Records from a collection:
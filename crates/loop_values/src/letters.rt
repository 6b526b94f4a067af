//! Substitution of letters.
ghost use Rattle.std.specs.Prelude.{◌≡◌, ◌<◌, ◌++◌, ℕ, List, IfOk, OnOk, MatchOption, length};
ghost use Rattle.std.specs.Bool.{OnTrue};
ghost use Rattle.m_ast.specs.PlainNames.{spelled};
ghost use Rattle.loop_values.specs.Letters as spec;
ghost use Rattle.loop_values.specs.inner.Bound.{bound};

use m_places::Name;
use std::alloc::{AllocError, Global};

/// The bindings outside of all loops: no letter is bound. The list has an element for each byte.
pub fn no_letters(alloc: Global) -> Result<Vec<Option<Name>>, AllocError>
    ensures { IfOk result (λ letters. letters.items ≡ spec.no_letters) }
{
    let mut letters = Vec::with_capacity(alloc, 256)?;
    for _ in 0..256usize {
        letters.push(None)?;
    }
    Ok(letters)
}

/// Whether a word has no bound letter, so that it is the same in each instance. Takes no memory.
pub fn is_free(letters: &[Option<Name>], word: &[u8]) -> bool
    requires { length letters.now ≡ 256 }
    ensures { OnTrue result (spec.replaced letters.now word.now ≡ word.now) }
{
    for byte in word {
        if letters[*byte as usize].is_some() {
            return false;
        }
    }
    true
}

/// The word with each bound letter replaced by its value, or `None` if that has more than `most`
/// bytes. It takes memory for `most` bytes and one value, however many bytes it would have.
pub fn replaced_within(
    alloc: Global,
    letters: &[Option<Name>],
    word: &[u8],
    most: usize,
) -> Result<Option<Vec<u8>>, AllocError>
    requires { length letters.now ≡ 256 }
    ensures { IfOk result (λ bytes. MatchOption bytes (most < length (spec.replaced letters.now word.now))
        (λ bytes. bytes.items ≡ spec.replaced letters.now word.now)) }
{
    let mut bytes = Vec::new(alloc);
    for byte in word {
        push_replaced(&mut bytes, letters, *byte)?;
        if bytes.len() > most {
            return Ok(None);
        }
    }
    Ok(Some(bytes))
}

/// The letters that are bound, with their values, in order. The only error is out of memory.
pub fn bound_values(alloc: Global, letters: &[Option<Name>]) -> Result<Vec<(u8, Name)>, AllocError>
    requires { length letters.now ≡ 256 }
    ensures { IfOk result (λ values. (word : List ℕ) → spelled values.items word ≡ spec.replaced letters.now word) }
{
    let mut values = Vec::new(alloc);
    for letter in 0..256usize {
        push_bound(alloc, &mut values, letter as u8, &letters[letter])?;
    }
    Ok(values)
}

// Appends a letter with its value, if it is bound.
fn push_bound(
    alloc: Global,
    values: &mut Vec<(u8, Name)>,
    letter: u8,
    value: &Option<Name>,
) -> Result<(), AllocError>
    ensures { OnOk result (values.new.items ≡ values.old.items ++ bound letter value.now) }
{
    if let Some(value) = value {
        values.push((letter, value.copy(alloc)?))?;
    }
    Ok(())
}

// Appends the replacement of a byte.
fn push_replaced(bytes: &mut Vec<u8>, letters: &[Option<Name>], byte: u8) -> Result<(), AllocError>
    requires { length letters.now ≡ 256 }
    ensures { OnOk result (bytes.new.items ≡ bytes.old.items ++ spec.byte_replaced letters.now byte) }
{
    match &letters[byte as usize] {
        Some(value) => bytes.extend_from_slice(value.bytes())?,
        None => bytes.push(byte)?,
    }
    Ok(())
}
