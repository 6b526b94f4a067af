//! Loops as lists of instances: the values of a header's indexes, the bindings of letters in each
//! instance, and the substitution of letters in words.
//!
//! Uses the trees of headers. Knows nothing of the bodies of loops.
#![tactic(auto)]

mod header;
mod letters;
mod single;
mod values;

pub use header::{headers_count, instance_count, joined_indexes, kept_indexes, repeated_letters};
pub use letters::{bound_values, is_free, no_letters, replaced_within};
pub use single::{bind_singles, only_value, put_back, single_count};
pub use values::{MANY, has_bad_span, index_count, index_values, is_digits, number};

Directions
Based on the records above, count the lines in which "specs" occurs and provide only the number.

Result
5